For periods of activity and inactivity are exponentially distributed. The mean of the activity periods can be specified with on_lambda etc.; the default is 1 hour.
project
project_name
resource_share
*available
frac
lambda
app
name
*latency_bound
*fpops_est
*fpops_actual
mean
stddev
*weight
*max_concurrent
app_version
app_name
avg_ncpus
flops
plan_class
coproc
type
count
gpu_ram
*working_set
workunit
app_name
rsc_fpops_est
rsc_fpops_bound
result
name
report_deadline
received_time
active_task
result_name
working_set_size
Notes: Each application has a fixed latency bound. It can be specified in app.latency_bound. If not, and there is a result for that app, it is computed as report_deadline - received time for one such result. If there is no result, it is 1 week.
An application has a fixed FLOP count estimate. It can be specified as app.fpops_est. If not, and there is a WU for that app, it is wu.rsc_fpops_est. Otherwise it is 3600*1e9 (i.e., 1 GFLOPS/hr).
An application has a normal distribution of actual FLOP count. It can be specified as app.fpops_actual. Otherwise it is mean app.fpops_est, stddev 0.
An application has an associated weight that determines the fraction of its jobs dispatched by that project. This defaults to 1.

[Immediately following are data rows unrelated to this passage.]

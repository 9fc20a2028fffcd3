//! The addresses of next hops, read from `[a.b.c.d]:port`. Nothing here is an error to call: a next
//! hop of another form has no address.
ghost use Rattle.std.specs.Prelude.{◌≡◌, ◌∷◌, [], is_some, option_map};
ghost use Rattle.std.specs.Net.Addr.{ipv4_octets};
ghost use Rattle.q_numbers.specs.Pieces.{each_some};
ghost use Rattle.q_link.specs.Addresses.{route_at};
ghost use Rattle.q_link.specs.Routes.{has_route, host_and_port, host_of, octet_of, port_of, route_of};

use q_model::Hop;
use q_numbers::{cut, read_number32};
use std::net::{Ipv4Addr, SocketAddrV4};

fn read_octet(text: &[u8]) -> Option<u8>
    ensures { result ≡ octet_of text.now }
{
    let number = read_number32(text, 0, 255)?;
    Some(number as u8)
}

fn read_octets(a: &[u8], b: &[u8], c: &[u8], d: &[u8]) -> Option<Ipv4Addr>
    ensures { option_map ipv4_octets result
        ≡ each_some octet_of (a.now ∷ b.now ∷ c.now ∷ d.now ∷ []) }
{
    let a = read_octet(a)?;
    let b = read_octet(b)?;
    let c = read_octet(c)?;
    let d = read_octet(d)?;
    Some(Ipv4Addr::new(a, b, c, d))
}

// Four numbers, between which stand dots.
fn read_host(text: &[u8]) -> Option<Ipv4Addr>
    ensures { option_map ipv4_octets result ≡ host_of text.now }
{
    let (a, rest) = cut(text, b'.')?;
    let (b, rest) = cut(rest, b'.')?;
    let (c, d) = cut(rest, b'.')?;
    read_octets(a, b, c, d)
}

// A port behind its colon.
fn read_port(text: &[u8]) -> Option<u16>
    ensures { result ≡ port_of text.now }
{
    match text {
        [b':', digits @ ..] => {
            let port = read_number32(digits, 1, 65535)?;
            Some(port as u16)
        }
        _ => None,
    }
}

fn read_host_and_port(host: &[u8], port: &[u8]) -> Option<SocketAddrV4>
    ensures { option_map route_at result ≡ host_and_port (host.now, port.now) }
{
    let host = read_host(host)?;
    let port = read_port(port)?;
    Some(SocketAddrV4::new(host, port))
}

fn read_route(text: &[u8]) -> Option<SocketAddrV4>
    ensures { option_map route_at result ≡ route_of text.now }
{
    match text {
        [b'[', inside @ ..] => {
            let (host, port) = cut(inside, b']')?;
            read_host_and_port(host, port)
        }
        _ => None,
    }
}

/// The address that a next hop names as `[a.b.c.d]:port`, with four numbers up to 255 and a port
/// from 1 to 65535, all without leading zeros; `None` where it has another form.
pub fn address_of(hop: &Hop) -> Option<SocketAddrV4>
    ensures route { is_some result ≡ has_route hop.now }
    ensures address { option_map route_at result ≡ route_of hop.now }
{
    read_route(hop.bytes())
}
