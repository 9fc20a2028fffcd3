//! The entry of a line.
ghost use Rattle.std.specs.Prelude.{◌≡◌, IfOk, IsErrOf, replicate};
ghost use Rattle.q_model.specs.declared.entry.Entry.{Entry as EntryValue};
ghost use Rattle.q_trace.specs.Answers.{AnswersText};
ghost use Rattle.q_trace.specs.Bodies.{arrive_behind, entry_behind, entry_of_line, reply_behind, skip_behind, start_behind};
ghost use Rattle.q_trace.specs.Bounds.{IsLineOf, as_told, IsNoLine};
ghost use Rattle.q_transport.specs.Routing.{table_of};

use crate::bodies::plain;
use crate::error::EntryError;
use crate::fields::{
    hop_field, id_field, number64_field, sender_field, size_field, state_field, transport_field,
};
use crate::kind::Kind;
use crate::lists::{addresses, outcomes, positions};
use crate::parts::without_end;
use q_model::{Bytes, Entry, NoMemory, Site};
use q_numbers::cut;
use q_transport::Table;
use std::alloc::Global;

/// Content of so many zeros.
fn zeros(alloc: Global, size: u32) -> Result<Bytes, NoMemory>
    ensures { IfOk result (λ bytes. bytes ≡ replicate size 0) }
{
    let bytes = vec![in alloc; 0u8; size as usize]?;
    Ok(Bytes::from_vec(bytes))
}

fn arrive(alloc: Global, text: &[u8]) -> Result<Entry, EntryError>
    ensures { AnswersText result (arrive_behind text.now) }
{
    let Some((id, rest)) = id_field(text) else {
        return Err(EntryError::BadEntry);
    };
    let Some((sender, rest)) = sender_field(rest) else {
        return Err(EntryError::BadEntry);
    };
    let Some((size, rest)) = size_field(rest) else {
        return Err(EntryError::BadEntry);
    };
    let to = addresses(alloc, rest)?;
    let content = zeros(alloc, size)?;
    Ok(Entry::Arrive {
        id,
        sender,
        to,
        content,
    })
}

fn start(alloc: Global, text: &[u8], table: &Table) -> Result<Entry, EntryError>
    ensures { AnswersText result (start_behind (table_of table.now) text.now) }
{
    let Some((number, rest)) = number64_field(text) else {
        return Err(EntryError::BadEntry);
    };
    let Some((id, rest)) = id_field(rest) else {
        return Err(EntryError::BadEntry);
    };
    let Some((transport, rest)) = transport_field(rest, table) else {
        return Err(EntryError::BadEntry);
    };
    let Some((hop, rest)) = hop_field(rest) else {
        return Err(EntryError::BadEntry);
    };
    let positions = positions(alloc, rest)?;
    Ok(Entry::Start {
        number,
        id,
        site: Site { transport, hop },
        positions,
    })
}

fn reply(alloc: Global, text: &[u8]) -> Result<Entry, EntryError>
    ensures { AnswersText result (reply_behind text.now) }
{
    let Some((number, rest)) = number64_field(text) else {
        return Err(EntryError::BadEntry);
    };
    let Some((site, rest)) = state_field(rest) else {
        return Err(EntryError::BadEntry);
    };
    let outcomes = outcomes(alloc, rest, site)?;
    Ok(Entry::Reply {
        number,
        site,
        outcomes,
    })
}

fn skip(alloc: Global, text: &[u8], table: &Table) -> Result<Entry, EntryError>
    ensures { AnswersText result (skip_behind (table_of table.now) text.now) }
{
    let Some((id, rest)) = id_field(text) else {
        return Err(EntryError::BadEntry);
    };
    let Some((transport, rest)) = transport_field(rest, table) else {
        return Err(EntryError::BadEntry);
    };
    let Some((hop, rest)) = hop_field(rest) else {
        return Err(EntryError::BadEntry);
    };
    let positions = positions(alloc, rest)?;
    Ok(Entry::Skip {
        id,
        site: Site { transport, hop },
        positions,
    })
}

/// The entry of this kind with this text behind its word.
#[tactic(auto, unfolding(crate::specs::Bodies::entry_behind))]
fn body(alloc: Global, kind: Kind, text: &[u8], table: &Table) -> Result<Entry, EntryError>
    ensures { AnswersText result (entry_behind (table_of table.now) kind text.now) }
{
    match kind {
        Kind::Arrive => arrive(alloc, text),
        Kind::Start => start(alloc, text, table),
        Kind::Reply => reply(alloc, text),
        Kind::Skip => skip(alloc, text, table),
        _ => plain(kind, text, table).ok_or(EntryError::BadEntry),
    }
}

/// The entry of a line without its end.
#[tactic(auto, unfolding(crate::specs::Bodies::entry_of_line))]
fn entry(alloc: Global, text: &[u8], table: &Table) -> Result<Entry, EntryError>
    ensures { AnswersText result (entry_of_line (table_of table.now) text.now) }
{
    if text == b"end".as_slice() {
        return Ok(Entry::End);
    }
    let Some((word, rest)) = cut(text, b' ') else {
        return Err(EntryError::BadEntry);
    };
    let Some(kind) = Kind::named(word) else {
        return Err(EntryError::BadEntry);
    };
    body(alloc, kind, rest, table)
}

/// The entry of a line, which ends with its LF. An `arrive` line has only the number of bytes of
/// a content, so its entry has so many zeros, and no original addresses, so its recipients have none.
///
/// `BadEntry` comes where no entry has this line: a word, a number, an id, an address, a next
/// hop or an outcome isn't of its form or above its bound, a part is missing or too much, the
/// table has no transport of this name, or parts aren't divided by single spaces.
pub fn read_entry(alloc: Global, line: &[u8], table: &Table) -> Result<Entry, EntryError>
    ensures ok { IfOk result (λ e. IsLineOf (table_of table.now) line.now e × (as_told e ≡ e)) }
    ensures bad { IsErrOf result EntryError.BadEntry
        → IsNoLine (table_of table.now) line.now }
    ensures back { (e : EntryValue) → IsLineOf (table_of table.now) line.now e
        → IfOk result (λ r. r ≡ as_told e) }
{
    match without_end(line) {
        Some(text) => entry(alloc, text, table),
        None => Err(EntryError::BadEntry),
    }
}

An application version has a fixed working set size. This can be specified as app_version.working_set. If not, and there is an active task for that app version, active_task.working_set_size is used. Otherwise it defaults to 0.
The availability of the projects (i.e. the periods when scheduler RPCs succeed) is modeled with two parameters: the duration of available periods are exponentially distributed with the given mean, and the unavailable periods are exponentially distributed achieving the given available fraction. The availability of a project can be specified as project.available; otherwise it is always available.
The algorithm for simulating a scheduler RPC to project P is:
while need more work
X = list of P's apps with versions for requested resources
if X is empty
break
choose an app A from X, randomly based on weights
V = version that uses requested resources and has highest FLOPS
J = generate job
if J is feasible
update request
else
infeasible_count++
if infeasible_count == 10
break
The available periods (i.e., when BOINC is running) and the idle periods (i.e. when there is no user input) are modeled as above.
global_prefs.xml
format described here.
cc_config.xml
format described here.
Building and running the simulator
The simulator can be built with 'makefile_sim' on Unix or the 'sim' project on Windows. The usage is:
sim [--duration X] [--delta X] [--server_uses_workload] [--dirs d1 ...]
--duration
simulate this much time.
--delta
time step of simulation.
--server_uses_workload
servers take existing workload into account when deciding whether to send jobs.
--dcf_dont_use
Duration correction factor (DCF) is one.
--dcf_stats
Use formula for DCF based on completion time mean/stdev.
--dirs d1 ...
chdir into each of the given directories, and runs a simulation based on the input files there. Prints summaries of each one separately, and a total summary.
Output files
The simulator creates several output files:
index.html: an index of other files
log.txt: This is the message log (same as would be generated by the client). Its contents are controlled by cc_config.xml.
time_line.html: When viewed in a web browser, a 'time line' showing what's running when.
summary.xml: Contains four performance metrics:
wasted_frac
Of the total CPU time, the fraction spent computing results that missed their deadline.
idle_frac
Of the total CPU time, the fraction spent not computing.
share_violation
A measure (0 to 1) of how badly resource shares were violated.
monotony
A measure (0 to 1) of how long a single project used all CPUs (so that user would see only that project on their screensaver, and get bored).
In addition, information is printed about the per-project CPU time and waste.